Resuspendre les thymocytes dans 0,5 à un millilitre de milieu OP9 avec des cytokines. Ajouter un à deux millilitres de milieu RPC contenant le virus. Ensuite, ajoutez le bromure d’hexaméthrine à huit microgrammes par millilitre de suspension cellulaire totale.
Spinoculer le contenu en centrifugeant les cellules à 850 G pendant une heure à température ambiante. Remettez les cellules en suspension dans six millilitres de milieu OP9 avec des cytokines par fiole et ajoutez la suspension sur la monocouche cellulaire OP9 DL4. Incuber à 37 degrés Celsius pendant la nuit.
Répétez les étapes de la récolte des rétrovirus à l’aide d’un nouveau puits du surnageant cellulaire contenant le rétrovirus. Maintenir les thymocytes transduits sur culture OP9 DL4 pendant deux à cinq jours ou congeler au besoin. L’efficacité de la déplétion a été évaluée cytométriquement en marquant la fraction cellulaire magnétiquement non marquée pour CD4 et CD8 après séparation immunomagnétique des cellules et en l’analysant sur un diagramme de points bivariant bidimensionnel.
Un bon rendement de cellules doublement négatives pour CD4 et CD8 est de 95% ou plus, comme représenté ici. Lors de l’utilisation de vecteurs qui expriment des marqueurs filtrables tels qu’un gène de fluorescence, la transsection et la transduction peuvent être évaluées grossièrement et empiriquement par microscopie à fluorescence. L’efficacité de la transduction a été analysée en récoltant les thymocytes de la monocouche OP9 DL4.
et l’étude de l’expression d’un gène de fluorescence par cytométrie en flux. L’efficacité de la transduction à l’aide d’un vecteur rétroviral vide avec GFP comme gène rapporteur était de 84,2% de différenciation des cellules T sur les cellules OP9 DL4 a été observée quatre jours après la transduction. Analyse par cytométrie de flux de la différenciation cellulaire induite par la co-culture sur des cellules OP9 DL4 et l’expression transgénique, où les cellules ont été marquées pour CD4, CD8, CD44 et CD 25.

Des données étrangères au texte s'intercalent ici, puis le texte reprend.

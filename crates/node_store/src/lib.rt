//! Nodes on disks, and events that are noted for the next save; how a disk keeps a value is in the
//! crates `disk_shelf` and `disk_journal`, and the bytes are in `image` and `event_bytes`.
//!
//! A [`Store`] keeps a node in a journal: the image alone, or the image and what happened since.
//! A [`LoggedNode`] notes the events since the last save in its [`Log`]. [`Store::save`] adds them
//! to the journal as a batch, or writes the image if the log was lost. Opening the journal performs
//! the batches again: the node is then the one that was saved.
#![tactic(auto)]

mod images;
mod logged;
mod redoing;
mod store;

pub use images::Images;
pub use logged::{LoggedNode, is_turn};
pub use node_log::{GREATEST_LOG, Log};
pub use store::{Store, read_node};
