impl<D: Disk + Send + Drop + 'static, W: Naming + Send + 'static> SpaceOn<D, W> {
    /// Starts a worker for each node. The workers ask the gate at each point of their turns. A
    /// space is started once.
    ///
    /// `Memory` if an allocation or the creation of a thread failed. The workers that had been
    /// started are then stopped and joined, and `start` may be called again.
    pub fn start<R, G>(&mut self, rt: &R, gate: Arc<G>) -> Result<(), Refusal>
    where
        R: Threads + Wait + Clone + Send + Drop + 'static,
        G: Gate + Send + Sync + Drop + 'static,
        requires { is_some self.old.team ≡ false }
        ensures started { OnOk result (is_some self.new.team ≡ true) }
        ensures workers { OnOk result
            (started_in self.new.team ≡ range_with_len 0 self.old.plan.nodes) }
        ensures stopped { OnErr result (is_some self.new.team ≡ false) }
        ensures refused { IfErr result (λ e. e ≡ refusal.Memory) }
        ensures stays { Stay (self.old.plan, self.old.wire, self.old.cells, self.old.watches)
            (self.new.plan, self.new.wire, self.new.cells, self.new.watches) }
    {
        let team = Team::start(rt, self.alloc, self.cells.as_slice(), &gate, self.plan)?;
        self.team = Some(team);
        Ok(())
    }

    /// Waits until a node's worker has ended, if one is running, and restarts the node, as
    /// [`Space::restart`] does. Then it starts a new worker for the node, with the configuration's
    /// turns, which asks this gate. `revive` doesn't end the old worker: that ends when its gate
    /// ends it or its turns are over.
    ///
    /// [`Unrevived`] says why there is no new worker, and what that leaves.
    pub fn revive<R, G>(&mut self, rt: &R, node: u8, gate: Arc<G>) -> Result<Reopened, Unrevived>
    where
        R: Threads + Wait + Clone + Send + Drop + 'static,
        G: Gate + Send + Sync + Drop + 'static,
        requires { is_some self.old.team ≡ true }
        ensures begun { OnOk result
            (IsPermutation (node ∷ started_in self.old.team) (started_in self.new.team)) }
        ensures alone { OnOk result (IsAlone node (working_in self.new.team)) }
        ensures none_begun { OnErr result
            (IsPermutation (started_in self.old.team) (started_in self.new.team)) }
        ensures left { IfErr result
            (IsLeftBy node (working_in self.old.team) (working_in self.new.team)) }
        ensures team { is_some self.new.team ≡ true }
        ensures no_node { IsErrOf result unrevived.NoNode ↔ (self.old.plan.nodes ≤ node) }
        ensures others { node < self.old.plan.nodes → IfErr result (λ u.
            (refusal_of u ≡ refusal.Memory) ⊎ (refusal_of u ≡ refusal.Disk)) }
        ensures stays { Stay (self.old.plan, self.old.wire, self.old.cells, self.old.watches)
            (self.new.plan, self.new.wire, self.new.cells, self.new.watches) }
    {
        if node >= self.plan.nodes {
            return Err(Unrevived::NoNode);
        }
        let Some(team) = &mut self.team else {
            unreachable!()
        };
        let Ok(()) = team.await_end(rt, node) else {
            return Err(Unrevived::NoRoom);
        };
        let cell = &self.cells[usize::from(node)];
        let reopened = match cell.reopen(rt) {
            Ok(reopened) => reopened,
            Err(shut) => return Err(Unrevived::Shut(shut)),
        };
        match team.begin(rt, self.alloc, cell, &gate, node) {
            Ok(()) => Ok(reopened),
            Err(_) => Err(Unrevived::NotStarted(reopened)),
        }
    }
}
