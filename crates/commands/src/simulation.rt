//! Runs a script over a space of nodes. For each line the space takes a step, and the reply is
//! printed; a line outside the grammar is the last. The status is that of the worst reply.
ghost use Rattle.std.specs.Prelude.{◌≡◌, ◌≤◌, ℕ, List, true, None, Some, IfOk, OnOk, IfErr, IsTrue, ◌≢◌, ◌⊎◌, Ok, Err, ◌++◌, ◌∷◌, [], string_bytes};
ghost use Rattle.std.specs.Io.KnownBytes.{Appends};
ghost use Rattle.model.specs.declared.event.Event.{Event};
ghost use Rattle.model.specs.declared.event.Event.TheVariants as event;
ghost use Rattle.model.specs.declared.step.Step.{Step};
ghost use Rattle.model.specs.declared.step.Step.TheVariants as steps;
ghost use Rattle.model.specs.Steps.{is_own};
ghost use Rattle.model.specs.World.{World, is_own_step};
ghost use Rattle.world.specs.Spaces.{ShowsSpace};
ghost use Rattle.commands.specs.Freed.{KeepsSums, freed_with, sweeper};
ghost use Rattle.script.specs.Grammar.{plain};
ghost use Rattle.world.specs.Shows.{bytes_read, letter_bytes_read};
ghost use Rattle.commands.specs.Script.{Moves, PrintsReplies};
ghost use Rattle.commands.specs.Script.{PrintsUnread, TakesLine, TakesText, TakesReport, TakesSpace};
ghost use Rattle.commands.specs.Script.{IsRead, TakesBytes, TakesRead, TakesWrite, hex_bytes, is_wide, writes};
ghost use Rattle.commands.specs.Script.{TakesState, TakesStep, TakesWide, is_wide_line, reply_text, status_after};
ghost use Rattle.commands.specs.Script.{PrintsReply, StepDone};
ghost use Rattle.commands.specs.declared.freed.Freed.{Freed};
ghost use Rattle.script.specs.Text.{outcome_text};
ghost use Rattle.world.specs.Spaces.{delivered, handed};
ghost use Rattle.commands.specs.declared.simulation.Reply.TheVariants as reply;
ghost use Rattle.commands.specs.declared.simulation.State.TheVariants as state;
ghost use Rattle.script.specs.declared.line.Line.TheVariants as line;

use crate::bytes::{Writing, bytes_spelled, text_of_bytes};
use crate::freed::{Freed, freed_by, sweeper};
use crate::output::{
    Lost, flush, print_line, print_no_command, print_outcome, print_refusal, print_unread,
    put_report, put_summary, put_text,
};
use crate::reading::Unread;
use crate::splitting::first_line;
use hex::FromHexError;
use ids::{Refusal, Shape};
use model::{Answer, Event, Outcome, Step};
use node::Summary;
use script::{Line, Printer};
use std::alloc::Global;
use std::io::Write;
use words::{DONE, UNREADABLE};
use world::Sim;
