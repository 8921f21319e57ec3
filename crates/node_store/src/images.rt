//! How a journal keeps nodes: each as its image, and the batches of its events.
use crate::redoing::redo;
use disk_shelf::{HEAD, Persist};
use ids::Refusal;
use image::{from_any_bytes, to_bytes_behind, to_logged_behind};
use node::Node;
use std::alloc::Global;

/// [`Persist`] for nodes. In a node's image everything that it sent and received counts as saved;
/// early messages aren't in it. A node is read from an image of any version, whether a log follows
/// it or not.
pub struct Images;

impl Persist for Images {
    ghost use Rattle.image.specs.Logged.{IsAnyWholeOf};
    ghost use Rattle.image.specs.Wholes.{IsWholeTooLarge, saved_whole};
    ghost use Rattle.image_parts.specs.Logs.{begins_logged};
    ghost use Rattle.node_store.specs.Values.{IsAlone, LeadsWhole, whole_image_by};
    ghost use Rattle.node_store.specs.Laws.{read_alone, led_alone, followed, one_whole, one_led};

    type Value = Node;

    ghost image = { whole_image_by };

    ghost reads = { IsAnyWholeOf };

    ghost saved = { saved_whole };

    ghost too_large = { IsWholeTooLarge };

    ghost logs = { begins_logged };

    ghost leads = { LeadsWhole };

    ghost fresh = { IsAlone };

    fn to_bytes(alloc: Global, logged: bool, value: &Node) -> Result<Vec<u8>, Refusal> {
        let bytes = Vec::new(alloc);
        if logged {
            to_logged_behind(bytes, &[0; HEAD], value)
        } else {
            to_bytes_behind(bytes, &[0; HEAD], value)
        }
    }

    fn from_bytes(alloc: Global, bytes: &[u8]) -> Result<Node, Refusal> {
        from_any_bytes(alloc, bytes)
    }

    fn has_log(image: &[u8]) -> bool {
        image_parts::begins_logged(image)
    }

    fn redo(value: &mut Node, batch: &[u8]) -> Result<(), Refusal> {
        redo(value, batch)
    }

    ghost read_fresh = { read_alone };

    ghost led_fresh = { led_alone };

    ghost followed = { followed };

    ghost one_value = { one_whole };

    ghost one_end = { one_led };
}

La transduction des thymocytes doublement négatifs avec le vecteur rétroviral vide pMIG présentait approximativement les mêmes proportions de positifs simples, de doubles positifs, de doubles négatifs, et ses sous-stades doublement négatifs de un à quatre que les thymocytes non transduits, ce qui indique que le développement des lymphocytes T n’a pas été affecté par le processus de transduction. La tâche la plus difficile lorsque l’on tente de reproduire ce protocole est de s’assurer que les différents types de cellules sont gérés simultanément de manière coordonnée. La surexpression des oncogènes dans les thymocytes immatures peut parfois affecter le développement normal des lymphocytes T, de sorte que l’immunophénotypage ultérieur par cytométrie de flux est un moyen utile d’apprendre quelle direction prendre.
Le potentiel oncogénique des lymphocytes T transduits différenciés sur les cellules de la couche fœtale peut être étudié plus avant par injection chez des souris immunodéprimées.